- [Exercise directions]:
In the material below, find the line with "calendar has it." and the line with "match Date::new(year as", then output those two lines and every line between them, exactly.

- [Source records]:
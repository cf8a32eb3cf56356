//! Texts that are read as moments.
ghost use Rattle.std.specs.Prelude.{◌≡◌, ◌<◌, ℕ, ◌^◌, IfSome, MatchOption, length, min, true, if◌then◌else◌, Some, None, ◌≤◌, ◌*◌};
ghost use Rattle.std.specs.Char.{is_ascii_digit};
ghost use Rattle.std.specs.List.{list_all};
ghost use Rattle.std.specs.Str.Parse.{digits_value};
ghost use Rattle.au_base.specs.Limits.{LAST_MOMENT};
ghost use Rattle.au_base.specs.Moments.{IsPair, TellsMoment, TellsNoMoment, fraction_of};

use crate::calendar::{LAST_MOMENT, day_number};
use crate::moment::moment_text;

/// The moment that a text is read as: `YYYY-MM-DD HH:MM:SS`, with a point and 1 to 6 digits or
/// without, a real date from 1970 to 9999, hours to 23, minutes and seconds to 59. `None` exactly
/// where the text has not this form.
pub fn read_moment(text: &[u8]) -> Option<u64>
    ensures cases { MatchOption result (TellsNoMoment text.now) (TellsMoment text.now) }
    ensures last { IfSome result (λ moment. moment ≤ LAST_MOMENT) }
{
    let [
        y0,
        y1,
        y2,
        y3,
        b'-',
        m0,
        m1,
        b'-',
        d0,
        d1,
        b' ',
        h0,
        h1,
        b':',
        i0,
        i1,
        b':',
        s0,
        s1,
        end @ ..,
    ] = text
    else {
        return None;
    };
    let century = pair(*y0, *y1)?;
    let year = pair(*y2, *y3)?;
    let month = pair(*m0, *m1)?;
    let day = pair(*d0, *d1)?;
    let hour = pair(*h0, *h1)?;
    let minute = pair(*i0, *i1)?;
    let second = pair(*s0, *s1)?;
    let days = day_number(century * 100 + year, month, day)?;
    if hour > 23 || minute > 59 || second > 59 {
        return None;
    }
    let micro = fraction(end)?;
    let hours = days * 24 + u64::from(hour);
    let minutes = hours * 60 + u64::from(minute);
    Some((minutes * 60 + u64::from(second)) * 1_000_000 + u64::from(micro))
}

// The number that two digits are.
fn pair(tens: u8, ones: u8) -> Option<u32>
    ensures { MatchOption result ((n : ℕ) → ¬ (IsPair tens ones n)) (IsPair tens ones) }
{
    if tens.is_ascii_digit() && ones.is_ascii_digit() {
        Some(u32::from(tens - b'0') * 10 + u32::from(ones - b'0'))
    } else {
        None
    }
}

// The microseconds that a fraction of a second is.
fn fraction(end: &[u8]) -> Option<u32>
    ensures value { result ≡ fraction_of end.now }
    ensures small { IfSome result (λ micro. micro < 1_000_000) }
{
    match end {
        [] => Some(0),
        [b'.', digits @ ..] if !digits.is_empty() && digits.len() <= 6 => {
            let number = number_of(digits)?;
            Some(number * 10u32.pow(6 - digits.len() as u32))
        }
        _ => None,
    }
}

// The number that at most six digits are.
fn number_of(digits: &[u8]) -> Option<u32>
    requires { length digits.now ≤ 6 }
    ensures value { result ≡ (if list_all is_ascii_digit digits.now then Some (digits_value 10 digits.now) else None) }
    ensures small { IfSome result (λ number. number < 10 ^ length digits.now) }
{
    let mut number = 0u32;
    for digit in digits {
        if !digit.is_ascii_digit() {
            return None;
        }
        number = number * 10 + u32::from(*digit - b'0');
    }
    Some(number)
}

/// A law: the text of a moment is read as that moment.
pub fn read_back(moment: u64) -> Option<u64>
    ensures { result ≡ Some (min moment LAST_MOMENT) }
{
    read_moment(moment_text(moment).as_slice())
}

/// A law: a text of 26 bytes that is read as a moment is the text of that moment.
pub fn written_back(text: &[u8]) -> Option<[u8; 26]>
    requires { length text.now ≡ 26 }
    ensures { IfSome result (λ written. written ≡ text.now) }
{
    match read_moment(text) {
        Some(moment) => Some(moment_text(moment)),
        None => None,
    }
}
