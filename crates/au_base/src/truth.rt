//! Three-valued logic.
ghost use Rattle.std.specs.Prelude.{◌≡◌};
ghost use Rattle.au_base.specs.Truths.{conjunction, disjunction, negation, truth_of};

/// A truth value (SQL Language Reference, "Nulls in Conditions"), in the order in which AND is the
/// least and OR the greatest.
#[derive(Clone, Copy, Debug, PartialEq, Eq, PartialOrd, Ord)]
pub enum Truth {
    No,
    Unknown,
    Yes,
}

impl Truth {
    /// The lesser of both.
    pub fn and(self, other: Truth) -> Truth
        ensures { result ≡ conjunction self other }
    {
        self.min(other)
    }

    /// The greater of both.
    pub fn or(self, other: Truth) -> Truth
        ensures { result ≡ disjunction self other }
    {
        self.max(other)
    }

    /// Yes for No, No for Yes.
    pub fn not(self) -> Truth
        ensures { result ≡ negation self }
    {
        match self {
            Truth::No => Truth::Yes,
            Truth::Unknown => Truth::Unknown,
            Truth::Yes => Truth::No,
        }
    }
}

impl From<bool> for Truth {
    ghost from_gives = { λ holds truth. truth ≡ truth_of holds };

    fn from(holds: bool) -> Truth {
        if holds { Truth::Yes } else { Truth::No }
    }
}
---
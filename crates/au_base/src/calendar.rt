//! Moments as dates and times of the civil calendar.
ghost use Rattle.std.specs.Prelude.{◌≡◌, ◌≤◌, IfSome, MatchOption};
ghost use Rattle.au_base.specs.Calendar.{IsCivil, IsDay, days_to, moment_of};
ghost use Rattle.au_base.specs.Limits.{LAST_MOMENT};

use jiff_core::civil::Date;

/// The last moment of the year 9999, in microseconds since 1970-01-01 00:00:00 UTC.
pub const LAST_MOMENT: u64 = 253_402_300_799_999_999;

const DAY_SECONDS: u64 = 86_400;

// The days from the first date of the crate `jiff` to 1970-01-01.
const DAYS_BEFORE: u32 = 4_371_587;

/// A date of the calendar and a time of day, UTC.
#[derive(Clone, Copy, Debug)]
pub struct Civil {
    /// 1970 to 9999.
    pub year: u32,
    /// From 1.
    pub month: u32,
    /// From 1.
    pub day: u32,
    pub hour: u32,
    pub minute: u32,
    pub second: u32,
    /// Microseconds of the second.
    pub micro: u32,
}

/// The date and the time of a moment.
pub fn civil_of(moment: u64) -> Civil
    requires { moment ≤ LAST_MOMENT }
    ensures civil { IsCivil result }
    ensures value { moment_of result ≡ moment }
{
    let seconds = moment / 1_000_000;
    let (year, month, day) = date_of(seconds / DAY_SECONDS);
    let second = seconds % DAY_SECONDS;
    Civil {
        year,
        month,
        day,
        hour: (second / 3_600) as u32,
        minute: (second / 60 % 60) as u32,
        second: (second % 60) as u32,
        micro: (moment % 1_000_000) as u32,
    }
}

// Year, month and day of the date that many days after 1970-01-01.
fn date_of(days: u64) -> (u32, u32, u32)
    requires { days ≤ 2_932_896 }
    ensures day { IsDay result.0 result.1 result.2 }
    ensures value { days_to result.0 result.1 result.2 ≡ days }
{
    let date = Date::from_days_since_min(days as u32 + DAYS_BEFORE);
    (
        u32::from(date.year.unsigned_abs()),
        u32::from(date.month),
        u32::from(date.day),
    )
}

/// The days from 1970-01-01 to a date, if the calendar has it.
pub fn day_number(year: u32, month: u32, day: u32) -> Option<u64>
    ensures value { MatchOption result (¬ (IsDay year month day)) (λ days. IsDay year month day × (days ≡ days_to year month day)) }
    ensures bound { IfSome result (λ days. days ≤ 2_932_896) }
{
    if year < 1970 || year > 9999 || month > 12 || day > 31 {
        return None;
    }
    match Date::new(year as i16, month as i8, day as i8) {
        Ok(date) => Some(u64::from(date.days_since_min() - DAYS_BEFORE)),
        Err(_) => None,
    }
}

- [Exercise response]:
/// The days from 1970-01-01 to a date, if the calendar has it.
pub fn day_number(year: u32, month: u32, day: u32) -> Option<u64>
    ensures value { MatchOption result (¬ (IsDay year month day)) (λ days. IsDay year month day × (days ≡ days_to year month day)) }
    ensures bound { IfSome result (λ days. days ≤ 2_932_896) }
{
    if year < 1970 || year > 9999 || month > 12 || day > 31 {
        return None;
    }
    match Date::new(year as i16, month as i8, day as i8) {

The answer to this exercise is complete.